Start of Material provided

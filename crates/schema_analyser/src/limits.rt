ghost use Rattle.std.specs.Prelude.{◌≤◌};

/// When an attribute becomes a column: the percentage of documents that hold it, and how many different values it has.
#[derive(Clone, Copy, Debug, PartialEq, Eq)]
pub struct Limits {
    /// A column is held by at least so many of 100 documents.
    pub density: u32,
    /// A column has more than so many different values.
    pub cardinality: u32,
    ghost density_in_range: { density ≤ 100 },
    ghost cardinality_in_range: { cardinality ≤ 10000 },
}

End of Material provided

Each line of the entries where the string "many" occurs should be shown.

→ **Result of this exercise**
/// When an attribute becomes a column: the percentage of documents that hold it, and how many different values it has.
    /// A column is held by at least so many of 100 documents.
    /// A column has more than so many different values.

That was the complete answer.